When the memory is transitioned from the non-secure PA space to the secure PA space, the secure software must perform the necessary cache maintenance operations. This includes cleaning and invalidating the cache lines in both the non-secure and secure PA spaces. The cleaning operation ensures that any dirty data in the cache is written back to memory, while the invalidation operation ensures that the cache lines are marked as invalid, forcing future accesses to fetch data from memory.
The process of transitioning memory between the non-secure and secure PA spaces must be performed by software running in the secure state. This is because the secure state has access to both the non-secure and secure PA spaces, while the non-secure state only has access to the non-secure PA space. The secure software can use the DC CIVAC instruction to clean and invalidate cache lines in both PA spaces, ensuring that the cache is properly maintained during the transition.

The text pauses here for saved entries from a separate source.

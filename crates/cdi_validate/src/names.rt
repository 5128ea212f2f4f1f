//! Names of beans that cannot be used side by side (CDI 4.0, Ambiguous names).
ghost use Rattle.std.specs.Prelude.{◌≡◌, ◌∷◌, ◌++◌, ℕ, List, true, All, Some, length, map, filter, flat_map, nat_le, IfOk, OnOk};
ghost use Rattle.std.specs.BTreeMap.{get, keys};
ghost use Rattle.std.specs.List.{list_all};
ghost use Rattle.std.specs.List.Sorted.{IsStrictlySortedBy};
ghost use Rattle.std.specs.Cmp.Lexicographic.{slice_cmp};
ghost use Rattle.std.specs.Ordering.{nat_cmp};
ghost use Rattle.cdi_model.specs.Decl.{kind_of, name_of_decl};
ghost use Rattle.cdi_model.specs.DeclList.{find_decl};
ghost use Rattle.cdi_effective.specs.Beans.{beans};
ghost use Rattle.cdi_effective.specs.declared.records.Effective.{Effective as AnyBean};
ghost use Rattle.cdi_resolve.specs.Leaders.{leading};
ghost use Rattle.cdi_faults.specs.declared.fault.Fault.TheVariants as faults_are;
ghost use Rattle.cdi_subjects.specs.Subjects.{is_ambiguous};
ghost use Rattle.cdi_validate.specs.Faults.{enabled_name, goes_on, name_clashes, name_prefixes};
ghost use Rattle.cdi_validate.specs.Names.{has_dot_at, prefix_pairs, with_bean, AreNames, AreLed};
ghost use Rattle.cdi_validate.specs.Together.{is_nameless, HaveNoClash};

use cdi_effective::Effective;
use cdi_faults::Fault;
use cdi_model::{Decl, Name};
use cdi_observe::{View, records_of_decl};
use cdi_resolve::{Choice, Leaders};
use std::alloc::{AllocError, Global};
use std::collections::BTreeMap;

/// Appends the faults of names: each that several enabled beans have of which none is chosen, and each pair of which one
/// continues the other. It goes through the beans once, or twice where there is no such fault, and takes memory for the names of
/// enabled beans. It answers whether no two of these beans share a name, and there is no such fault.
pub(crate) fn push_of_names<V: View>(
    alloc: Global,
    view: &V,
    faults: &mut Vec<Fault>,
) -> Result<bool, AllocError>
    ensures faults { OnOk result (faults.new.items ≡ faults.old.items
        ++ name_clashes (beans (V.list view.now)) ++ name_prefixes (beans (V.list view.now))) }
    ensures grammar { OnOk result (AreNames (flat_map enabled_name (beans (V.list view.now)))) }
    ensures apart { IfOk result (λ apart. apart ≡ true → HaveNoClash (V.list view.now) (V.list view.now)) }
{
    let before = faults.len();
    let leaders = leaders_of_names(alloc, view)?;
    push_clashes(&leaders, faults)?;
    push_prefixes(names_of(alloc, &leaders)?.as_slice(), faults)?;
    Ok(faults.len() == before && have_names_at_most(view, leaders.len()))
}

/// Whether no enabled bean of some declarations has a name. It takes no memory, and looks at these alone.
pub fn are_nameless<V: View>(view: &V, decls: &[&Decl]) -> bool
    requires { All (λ d. find_decl (kind_of d.now) (name_of_decl d.now) (V.list view.now) ≡ Some d.now) decls.now }
    ensures { result ≡ list_all (is_nameless (V.list view.now)) (map (λ d. d.now) decls.now) }
{
    for decl in decls {
        if count_of_names_in(records_of_decl(view, *decl)) != 0 {
            return false;
        }
    }
    true
}

/// Whether at most so many enabled beans have a name.
fn have_names_at_most<V: View>(view: &V, most: usize) -> bool
    ensures { result ≡ nat_le (length (flat_map enabled_name (beans (V.list view.now)))) most }
{
    let mut left = most;
    for decl in view.decls().iter() {
        let count = count_of_names_in(records_of_decl(view, decl));
        if count > left {
            return false;
        }
        left -= count;
    }
    true
}

/// How many of some beans are enabled and have a name.
fn count_of_names_in(beans: &[Effective]) -> usize
    ensures { result ≡ length (flat_map enabled_name beans.now) }
{
    let mut count = 0;
    for bean in beans {
        if bean.is_enabled && bean.name.is_some() {
            count += 1;
        }
    }
    count
}

/// Of each name of an enabled bean, the choice among the enabled beans that have it.
fn leaders_of_names<V: View>(alloc: Global, view: &V) -> Result<BTreeMap<Name, Leaders>, AllocError>
    ensures led { IfOk result (λ leaders. AreLed leaders (beans (V.list view.now))) }
    ensures grammar { OnOk result (AreNames (flat_map enabled_name (beans (V.list view.now)))) }
{
    let mut leaders = BTreeMap::new(alloc);
    for decl in view.decls().iter() {
        add_all(alloc, &mut leaders, records_of_decl(view, decl))?;
    }
    Ok(leaders)
}

/// Adds some beans, each to those that have its name, if it is enabled and has one.
fn add_all(
    alloc: Global,
    leaders: &mut BTreeMap<Name, Leaders>,
    beans: &[Effective],
) -> Result<(), AllocError>
    ensures led { OnOk result ((before : List AnyBean) → AreLed leaders.old before → AreLed leaders.new (before ++ beans.now)) }
    ensures grammar { OnOk result (AreNames (flat_map enabled_name beans.now)) }
{
    for bean in beans {
        add(alloc, leaders, bean)?;
    }
    Ok(())
}

/// Adds a bean to those that have its name, if it is enabled and has one.
fn add(
    alloc: Global,
    leaders: &mut BTreeMap<Name, Leaders>,
    bean: &Effective,
) -> Result<(), AllocError>
    ensures led { OnOk result ((s : List ℕ) → get (slice_cmp nat_cmp) leaders.new s
        ≡ with_bean (get (slice_cmp nat_cmp) leaders.old s) bean.now s) }
    ensures grammar { OnOk result (AreNames (enabled_name bean.now)) }
{
    if !bean.is_enabled {
        return Ok(());
    }
    let Some(name) = bean.name else {
        return Ok(());
    };
    // No effect at run time. The proof reads here that the name is one by the grammar.
    let _ = name.as_bytes();
    let others = leaders.remove(&name).unwrap_or(Leaders::new());
    leaders.insert(name, others.with(alloc, bean)?)?;
    Ok(())
}

/// Appends the names of which no bean is chosen.
fn push_clashes(
    leaders: &BTreeMap<Name, Leaders>,
    faults: &mut Vec<Fault>,
) -> Result<(), AllocError>
    ensures faults { OnOk result (faults.new.items ≡ faults.old.items
        ++ map (λ e. faults_are.NameClash e.0) (filter (λ e. is_ambiguous (leading e.1)) leaders.now.entries)) }
    ensures order { IsStrictlySortedBy (slice_cmp nat_cmp) (keys leaders.now) }
{
    for (name, beans) in leaders.iter() {
        if matches!(beans.chosen(), Choice::Ambiguous(_)) {
            faults.push(Fault::NameClash(*name))?;
        }
    }
    Ok(())
}

/// The names, in byte order.
fn names_of(alloc: Global, leaders: &BTreeMap<Name, Leaders>) -> Result<Vec<Name>, AllocError>
    ensures { IfOk result (λ names. names.items ≡ keys leaders.now) }
{
    let mut names = Vec::with_capacity(alloc, leaders.len())?;
    for name in leaders.keys() {
        names.push(*name)?;
    }
    Ok(names)
}

/// Appends the pairs of which one continues the other, among names in byte order.
fn push_prefixes(names: &[Name], faults: &mut Vec<Fault>) -> Result<(), AllocError>
    requires { IsStrictlySortedBy (slice_cmp nat_cmp) names.now }
    ensures { OnOk result (faults.new.items ≡ faults.old.items ++ prefix_pairs names.now) }
{
    let mut left = names;
    'taken: while let Some((name, later)) = left.split_first() {
        push_behind(*name, later, faults)?;
        left = later;
    }
    Ok(())
}

/// Appends the pairs of a name and those that continue it, among the names after it in byte order. The names that
/// begin with it come first among these.
fn push_behind(name: Name, later: &[Name], faults: &mut Vec<Fault>) -> Result<(), AllocError>
    requires { IsStrictlySortedBy (slice_cmp nat_cmp) (name ∷ later.now) }
    ensures { OnOk result (faults.new.items ≡ faults.old.items ++ map (faults_are.NamePrefix name) (filter (goes_on name) later.now)) }
{
    for other in later {
        if !other.as_bytes().starts_with(name.as_bytes()) {
            return Ok(());
        }
        if has_dot_behind(name, *other) {
            faults.push(Fault::NamePrefix(name, *other))?;
        }
    }
    Ok(())
}

/// Whether the byte after as many as the first name has is a dot.
fn has_dot_behind(name: Name, other: Name) -> bool
    ensures { result ≡ has_dot_at other (length name) }
{
    matches!(other.as_bytes().get(name.as_bytes().len()), Some(b'.'))
}
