//! Dependent beans that need themselves before they can be made (profile).
ghost use Rattle.std.specs.Prelude.{◌≡◌, ◌<◌, ◌∷◌, [], ◌++◌, ℕ, List, true, All, Some, fold, length, map, IfOk, OnOk};
ghost use Rattle.std.specs.BTreeMap.{get, insert_entry, keys, values};
ghost use Rattle.std.specs.List.{flat_map, list_all, list_any, AllByRecursion};
ghost use Rattle.std.specs.Option.{option_to_list};
ghost use Rattle.cdi_effective.specs.Beans.{beans};
ghost use Rattle.cdi_effective.specs.BeanText.{text_of_id};
ghost use Rattle.cdi_effective.specs.declared.records.BeanId.{BeanId as AnId};
ghost use Rattle.cdi_model.specs.Bytes.{byte_order};
ghost use Rattle.cdi_model.specs.Decl.{kind_of, name_of_decl};
ghost use Rattle.cdi_model.specs.DeclList.{find_decl, AreDistinct};
ghost use Rattle.cdi_model.specs.declared.decl.Decl.TheVariants as declared;
ghost use Rattle.cdi_model.specs.declared.decl.Kind.TheVariants as kinds;
ghost use Rattle.cdi_model.specs.declared.place.PartPlace.TheVariants as parts;
ghost use Rattle.cdi_model.specs.Mentions.{shown};
ghost use Rattle.cdi_observe.specs.Answers.{answer_to};
ghost use Rattle.cdi_observe.specs.Lending.{are_answerable, is_answerable, IsEvaluated};
ghost use Rattle.cdi_observe.specs.Wanted.{key_of_point, point_named};
ghost use Rattle.cdi_validate.specs.Circles.{bean_of_point, chosen_for, chosen_one, dependents_by_text, is_dependent, managed_id};
ghost use Rattle.cdi_validate.specs.Circles.{need_around, need_in, needs, needs_in, needs_to_run, product_id, with_dependent};
ghost use Rattle.cdi_validate.specs.Faults.{circle, circles};
ghost use Rattle.cdi_validate.specs.Needed.{bean_id, circle_at, edge, edges_of, numbers_of, AreNumbered};
ghost use Rattle.cdi_validate.specs.Surrounded.{give_needs, gives_needs, number_around, numbers_at, AreByInterceptor};
ghost use Rattle.cdi_validate.specs.Together.{is_needless, AreNamed, HaveNoCircle};

use crate::surrounded::{add_number, numbers_around};
use crate::text::Text;
use crate::twice::is_marked;
use cdi_effective::{BeanId, Effective};
use cdi_faults::Fault;
use cdi_model::{
    BeanDecl, Decl, Decls, Ident, InterceptorDecl, Mention, Mentions, Name, PartPlace, PointDecl,
    PointPlace, Scope, Seq,
};
use cdi_observe::{View, interceptors_of, records_of_decl};
use cdi_resolve::Choice;
use cdi_ways::{Edge, on_circles};
use std::alloc::{AllocError, Global};
use std::collections::BTreeMap;
use std::io::Write;

/// Appends a fault for each dependent bean that needs itself, where all that the declarations ask for is known or the view
/// keeps nothing. It takes memory for the dependent beans, for the bindings at their places, for what they need, for answers
/// that are made, and for what is on circles. It answers whether there is no such fault.
pub(crate) fn push_of_circles<V: View>(
    alloc: Global,
    view: &V,
    faults: &mut Vec<Fault>,
) -> Result<bool, AllocError>
    requires { IsEvaluated (V.list view.now) (V.kept view.now) }
    ensures faults { OnOk result (faults.new.items ≡ faults.old.items ++ circles (V.list view.now)) }
    ensures apart { IfOk result (λ apart. apart ≡ true → HaveNoCircle (V.list view.now) (V.list view.now)) }
    ensures named { OnOk result (AreNamed (V.list view.now)) }
{
    let before = faults.len();
    push_all_circles(alloc, view, faults)?;
    Ok(faults.len() == before)
}

/// Appends these faults.
fn push_all_circles<V: View>(
    alloc: Global,
    view: &V,
    faults: &mut Vec<Fault>,
) -> Result<(), AllocError>
    requires { IsEvaluated (V.list view.now) (V.kept view.now) }
    ensures faults { OnOk result (faults.new.items ≡ faults.old.items ++ circles (V.list view.now)) }
    ensures named { OnOk result (AreNamed (V.list view.now)) }
{
    let dependents = dependents_of(alloc, view)?;
    if dependents.ids.is_empty() {
        return Ok(());
    }
    let edges = edges_between(alloc, view, &dependents)?;
    let marks = on_circles(alloc, edges.as_slice())?;
    push_circles(&dependents, marks.as_slice(), faults)
}

/// Whether no dependent bean of some declarations needs anything, and no interceptor among them gives a bean anything to need.
/// It takes memory for the names of interceptors and for answers that are made, and looks at these declarations alone.
pub fn are_needless<V: View>(alloc: Global, view: &V, decls: &[&Decl]) -> Result<bool, AllocError>
    requires found { All (λ d. find_decl (kind_of d.now) (name_of_decl d.now) (V.list view.now) ≡ Some d.now) decls.now }
    requires evaluated { IsEvaluated (V.list view.now) (V.kept view.now) }
    ensures { IfOk result (λ needless. needless ≡ list_all (is_needless (V.list view.now)) (map (λ d. d.now) decls.now)) }
{
    for decl in decls {
        if !is_needless(alloc, view, *decl)? {
            return Ok(false);
        }
    }
    Ok(true)
}

/// Whether no dependent bean of a declaration needs anything, or it is an interceptor that gives a bean nothing to need.
fn is_needless<V: View>(alloc: Global, view: &V, decl: &Decl) -> Result<bool, AllocError>
    requires found { find_decl (kind_of decl.now) (name_of_decl decl.now) (V.list view.now) ≡ Some decl.now }
    requires evaluated { IsEvaluated (V.list view.now) (V.kept view.now) }
    ensures { IfOk result (λ needless. needless ≡ is_needless (V.list view.now) decl.now) }
{
    match decl {
        Decl::Bean(bean) => {
            if !has_dependent(records_of_decl(view, decl)) {
                return Ok(true);
            }
            if !bean.points.is_empty() || !bean.producers.is_empty() {
                return Ok(false);
            }
            Ok(interceptors_of(alloc, view, bean)?.is_empty())
        }
        Decl::Interceptor(interceptor) => {
            Ok(interceptor.priority.is_none() || interceptor.points.is_empty())
        }
        _ => Ok(true),
    }
}

/// Whether one of some beans is dependent.
fn has_dependent(beans: &[Effective]) -> bool
    ensures { result ≡ list_any is_dependent beans.now }
{
    for bean in beans {
        if is_dependent(bean) {
            return true;
        }
    }
    false
}

/// Appends a fault for each bean that is marked, in the order of the texts of their ids.
fn push_circles(
    dependents: &Dependents,
    marks: &[bool],
    faults: &mut Vec<Fault>,
) -> Result<(), AllocError>
    requires { AllByRecursion (λ number. number < length dependents.now.ids) (values dependents.now.numbers) }
    ensures { OnOk result (faults.new.items ≡ faults.old.items
        ++ flat_map (circle_at dependents.now.ids marks.now) (values dependents.now.numbers)) }
{
    for number in dependents.numbers.values() {
        push_if_marked(dependents.ids.as_slice(), marks, *number, faults)?;
    }
    Ok(())
}

/// Appends the fault of the bean with a number, if it is marked.
fn push_if_marked(
    ids: &[BeanId],
    marks: &[bool],
    number: usize,
    faults: &mut Vec<Fault>,
) -> Result<(), AllocError>
    requires { number < length ids.now }
    ensures { OnOk result (faults.new.items ≡ faults.old.items ++ circle_at ids.now marks.now number) }
{
    if is_marked(marks, number) {
        faults.push(circle(ids[number]))?;
    }
    Ok(())
}

fn circle(id: BeanId) -> Fault
    ensures { result ≡ circle id }
{
    Fault::Circular {
        class: id.class,
        producer: id.producer,
    }
}

/// Dependent beans. Each has a number, which is found by the text of its id.
#[derive(Drop)]
struct Dependents {
    ids: Seq<BeanId>,
    numbers: BTreeMap<Text, usize>,
}

impl Dependents {
    /// None.
    fn new(alloc: Global) -> Dependents
        ensures { AreNumbered [] result }
    {
        Dependents {
            ids: Seq::new(alloc),
            numbers: BTreeMap::new(alloc),
        }
    }

    /// Adds the bean of a class, or the product of a producer method of it.
    fn add(&mut self, alloc: Global, class: Name, producer: Option<Ident>) -> Result<(), AllocError>
        ensures { OnOk result ((entries : List (List ℕ × AnId)) → AreNumbered entries self.old
            → AreNumbered (insert_entry byte_order entries (text_of_id (bean_id class producer)) (bean_id class producer)) self.new) }
    {
        let number = self.ids.len();
        let id = BeanId { class, producer };
        self.ids.push(id)?;
        self.numbers.insert(text_of(alloc, id)?, number)?;
        Ok(())
    }

    /// The number of a bean, if it is one of them.
    fn number(&self, alloc: Global, id: BeanId) -> Result<Option<usize>, AllocError>
        ensures { IfOk result (λ number. number ≡ get byte_order self.now.numbers (text_of_id id)) }
    {
        let text = text_of(alloc, id)?;
        Ok(self.numbers.get(&text).copied())
    }

    /// The number of the bean that is chosen, if it is one of them.
    fn chosen(&self, alloc: Global, choice: &Choice) -> Result<Option<usize>, AllocError>
        ensures { IfOk result (λ number. option_to_list number ≡ numbers_of self.now.numbers (chosen_one choice.now)) }
    {
        match choice {
            Choice::One(id) => self.number(alloc, *id),
            _ => Ok(None),
        }
    }
}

In addition to cache maintenance, the secure software must also ensure that the memory is properly locked down to prevent non-secure access. This can be achieved using the TZASC or similar mechanisms to configure the memory regions as secure-only. Once the memory is locked down, non-secure software will no longer be able to access the memory, ensuring that the secure data remains protected.
The secure software must also ensure that the cache maintenance operations are performed in the correct order. For example, if the memory is being transitioned from the non-secure PA space to the secure PA space, the secure software must first clean the cache lines in the non-secure PA space to ensure that any dirty data is written back to memory. The secure software can then invalidate the cache lines in the non-secure PA space to ensure that future accesses fetch data from memory. Finally, the secure software can invalidate the cache lines in the secure PA space to ensure that the secure data is fetched from memory rather than the cache.
In summary, the ARM architecture provides mechanisms for managing secure cache lines, but these mechanisms are only accessible to software running in the secure state. Non-secure software cannot directly manipulate secure cache lines, and any cache maintenance operations must be performed by secure software. This ensures that the security model is maintained and that secure data remains protected from non-secure access.